# Apple iPhone 6 "Bendgate"?



## SpywareDr (Jun 15, 2013)

Bendgate: Is the iPhone 6 too bendy, or are your skinny jeans just too skinny?


> First there was the iPhone 4 Antennagate. Then there was the iPhone 5 Scuffgate. And now, with the iPhone 6 and 6 Plus, there is Bendgate.
> 
> Yes, it seems Apple’s all-aluminium design can’t withstand the truly awesome stresses of being placed in the front pocket of a pair of skinny jeans. Numerous owners of the iPhone 6 and iPhone 6 Plus are reporting that their new phones have developed a noticeable bend or kink after being placed in a pants pocket. This isn’t people sitting on their phones, either: A tight front pocket, plus the curvature of your thigh, is enough to bend the new iPhone 6 or 6 Plus.
> 
> ...


----------



## Masterchiefxx17 (Feb 27, 2010)

This is what happens when you use overseas manufacturers like they have been doing for years. There is no quality control and their manufacturers are skipping out on high quality components to make more money.


----------



## SpywareDr (Jun 15, 2013)

Or Apple spec'd it too thin.

The problem with aluminum is when it gets bent, it stays bent. You can bend it back of course but, it will never be quite the same.


----------



## jimscreechy (Jan 7, 2005)

They probably should have designed the phone to flex slightly given its size and thickness rather than this flawed exercise in rigidity. ho-hum


----------



## SpywareDr (Jun 15, 2013)

Yep. As they went on to say in the article:


> This might come as a shock to some of you, but metal bends — and specifically, the cheap, thin, and light metal that is used to make some smartphones (aluminium) is very bendy. This is actually one advantage of using plastic instead of metal: If you apply enough force to bend solid aluminium, it stays bent; plastic, on the other hand, is elastic and bends back into its original shape (assuming you don’t break the elastic limit and snap the plastic, of course — but modern thermoplastics are very tough).


----------



## joeten (Dec 4, 2008)

The Ios 8 update has now brought a new set of issues, no calls for some and wifi is screwy.


----------



## SpywareDr (Jun 15, 2013)

USA Today > Money > Apple stock dinged $23B since iPhone 6


> Plagued with allegations of hardware that’s a little too bendy for its newest iPhone and a problematic software update, shares of Apple (AAPL) are bending.
> ...
> The stock has now lost a staggering $23 billion since the iPhone 6 was released on Sept. 19. The day’s loss in Apple stock exceeds the entire market value of more than half the individual companies in the Standard & Poor’s 500 index — including individual companies such as Macy’s (M) and Chipotle Mexican Grill (CMG).
> 
> ...


----------



## MartyF81 (Jan 23, 2013)

I watched some of the videos... The force these people are using on their phone is ridiculous. Their knuckles and fingers are turning red and white from pushing so hard.

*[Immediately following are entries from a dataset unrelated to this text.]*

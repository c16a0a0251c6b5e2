//! The versions of declarations, and the limits that differ between them.
ghost use Rattle.std.specs.Prelude.{◌≡◌, ◌≤◌};
ghost use Rattle.pw_kinds.specs.Places.{most_members};
ghost use Rattle.pw_decl.specs.Limits.{most_premises};
ghost use Rattle.pw_decl.specs.Versions.{most_premises_under, most_members_under};

const MOST_PREMISES_OF_ONE: u16 = 64;

const MOST_MEMBERS_OF_ONE: usize = 64;

// The most premises in the latest version.
const MOST_PREMISES: u16 = 512;

/// The most members of a set in the latest version.
pub(crate) const MOST_MEMBERS: usize = 128;

/// The version of a declaration, which its header names.
#[derive(Clone, Copy)]
pub(crate) enum Version {
    /// `workbench 1`
    One,
    /// `workbench 2`
    Two,
}

impl Version {
    /// The most premises that a declaration of this version may have.
    pub(crate) fn most_premises(self) -> u16
        ensures version { result ≡ most_premises_under self }
        ensures latest { result ≤ most_premises }
    {
        match self {
            Version::One => MOST_PREMISES_OF_ONE,
            Version::Two => MOST_PREMISES,
        }
    }

    /// The most members that a set may have in a declaration of this version.
    pub(crate) fn most_members(self) -> usize
        ensures version { result ≡ most_members_under self }
        ensures latest { result ≤ most_members }
    {
        match self {
            Version::One => MOST_MEMBERS_OF_ONE,
            Version::Two => MOST_MEMBERS,
        }
    }
}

I have one and it has no bending issues at all.


----------



## sobeit (Nov 11, 2007)

just don't wear the wrong pants and there will be nothing to worry about.


----------



## joeten (Dec 4, 2008)

Apple have admitted there are some phones with the issue, though not all so it does appear to be a genuine concern for some.


----------



## MartyF81 (Jan 23, 2013)

joeten said:


> Apple have admitted there are some phones with the issue, though not all so it does appear to be a genuine concern for some.


They sold 10 million handsets in the first 3 days.... they have had reports of less than 10 individual handsets bent (because the people doing it on purpose for You Tube don't count).... that is such a tiny amount that it is hardly even worth a breath.... and I imagine some of them bent their phone try to mimic the videos they see online.

If they are real problems for those 10 people... I think that can be attributed to them being defective off the line. They have more than that under normal circumstances with blemishes or issues or power button that doesn't work etc...

I know I am a loyal Apple person... but this just seems like a "throw mud at Apple" campaign.


----------



## joeten (Dec 4, 2008)

I am not out to throw mud Marty not my way of doing things, I think on the whole Apple have a pretty good record, this is just one time when something went wrong it happens.
Apple admits ‘iPhone 6 Plus’ bends but says it’s extremely rare | Metro News
Apple admits to ruining your new iPhone 6, says iOS 8.0.2 is coming soon
Not the first company to have an issue with stock or updates MS are pretty good at making a mess with updates.


----------



## MartyF81 (Jan 23, 2013)

joeten said:


> I am not out to throw mud Marty not my way of doing things,


Sorry I wasn't referring to YOU. I just meant this whole media frenzy.

It seems to me like a lot of people abusing their phones and saying "oh it broke."

Its kind of like going to your Dr. and saying "Every time I press my finger into my eyeball.... it really hurts!" WELL STOP DOING THAT!

I have an iPhone 6.... and I am telling you... there is no way this thing is bending just from hanging out in my pocket. It would take some considerable force...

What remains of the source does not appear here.